Kaelen spun, Soulrender coming up in a defensive position. A figure stood in the doorway—a man in expensive robes, middle-aged, with sharp features and eyes that glittered with intelligence and something darker. He wasn't wearing a cultist's mask, but the shadow energy radiating from him was unmistakable.
"Bravo," the man said, his voice cultured and amused. "Truly, bravo. You kill my operative, disrupt my ritual, and corrupt yourself further in the process. And you think you've won." He smiled, and it wasn't a pleasant expression. "You have no idea what you've actually accomplished, do you?"
"Who are you?" Kaelen demanded.
"Marcus Blackwood. Former Arch-Mage of Valorian, current seeker of truth, and the man who's been waiting for Soulrender to resurface for three decades." Marcus's gaze fixed on the blade in Kaelen's hand, hungry and calculating. "That sword and I have unfinished business, boy. And so, I think, do we."
He raised his hand, and shadow magic coalesced around him—far more power than any cultist had displayed, refined and controlled with the skill of a master mage. "But not tonight. Tonight, you've given me exactly what I needed: confirmation that Soulrender has bonded with a new wielder. We'll meet again, Kaelen Voss. And when we do..."
He smiled again, colder this time.
"I'll teach you what that blade really is. And what it will make you become."
Marcus stepped backward through a portal of shadow energy that hadn't been there a moment before, and vanished. The portal snapped shut, leaving no trace.
Silence fell in the chamber.
"That," Kaelen said eventually, "could have gone better."

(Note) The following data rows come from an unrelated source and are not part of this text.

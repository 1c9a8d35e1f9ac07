//! Headers of segments.

ghost use Rattle.std.specs.Prelude.{◌≡◌, ℕ, ◌+◌, ◌^◌, ◌≤◌, ◌++◌, List, Some, IfSome, option_map};
ghost use Rattle.czi_format.specs.Bytes.{bytes_at};
ghost use Rattle.czi_format.specs.Partial.{natural};
ghost use Rattle.czi_format.specs.Segment.{header_at, header_bytes};
ghost use Rattle.czi_seg.specs.View.{header_of, seg_id};

use crate::id::SegId;
use czi_num::{read_bytes, read_i64, write_bytes, write_u64};

/// The header of a segment, with both sizes as they are stored.
#[derive(Clone, Copy, PartialEq, Eq)]
pub struct SegHeader {
    /// The segment's id.
    pub id: SegId,
    /// AllocatedSize: how many bytes stand behind the header.
    pub allocated: u64,
    /// UsedSize: how many of them are used.
    pub used: u64,
}

/// The header in 32 bytes, or none exactly where one of its two sizes is negative.
///
/// The 32 bytes at a place of an image are read as the header at that place.
#[tactic(auto, unfolding(czi_format::specs::Segment::header_at))]
pub fn read_header(bytes: &[u8; 32]) -> Option<SegHeader>
    ensures read { option_map (header_of 0) result ≡ header_at bytes.now 0 }
    ensures anywhere { (image : List ℕ) (at : ℕ) → bytes_at image at 32 ≡ bytes.now → option_map (header_of at) result ≡ header_at image at }
    ensures id { IfSome result (λ h. h.id ≡ seg_id (bytes_at bytes.now 0 16)) }
{
    let allocated = natural(read_i64(bytes, 16))?;
    let used = natural(read_i64(bytes, 24))?;
    Some(SegHeader {
        id: SegId::from_bytes(read_bytes(bytes, 0)),
        allocated,
        used,
    })
}

/// A number that isn't negative.
fn natural(stored: i64) -> Option<u64>
    ensures { result ≡ natural stored }
{
    if stored < 0 {
        None
    } else {
        Some(stored as u64)
    }
}

/// The 32 bytes of a header.
pub fn write_header(h: &SegHeader) -> [u8; 32]
    requires allocated { h.now.allocated ≤ 2 ^ 62 }
    requires used { h.now.used ≤ 2 ^ 62 }
    ensures written { result ≡ header_bytes (header_of 0 h.now) }
    ensures reads_back { (rest : List ℕ) → header_at (result ++ rest) 0 ≡ Some (header_of 0 h.now) }
{
    let mut bytes = [0u8; 32];
    write_bytes(&mut bytes, 0, &h.id.to_bytes());
    write_u64(&mut bytes, 16, h.allocated);
    write_u64(&mut bytes, 24, h.used);
    bytes
}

Lia let out a slightly hysterical laugh. "You think? Come on. We're leaving. And then we're having a very long conversation about Marcus Blackwood, because if he's involved with the Cult..." She shook her head. "This just got so much worse."
They fled the ruins, carrying the unconscious victim between them, leaving behind the corrupted node and the bodies of cultists. Above them, Eredor's bells began to toll—warning or alarm, Kaelen couldn't tell.
He looked down at his scarred arm, felt the weight of Soulrender at his hip, and thought about Marcus's words.
*I'll teach you what that blade really is.*
Kaelen had a sinking feeling he already knew.
And he was terrified of being right.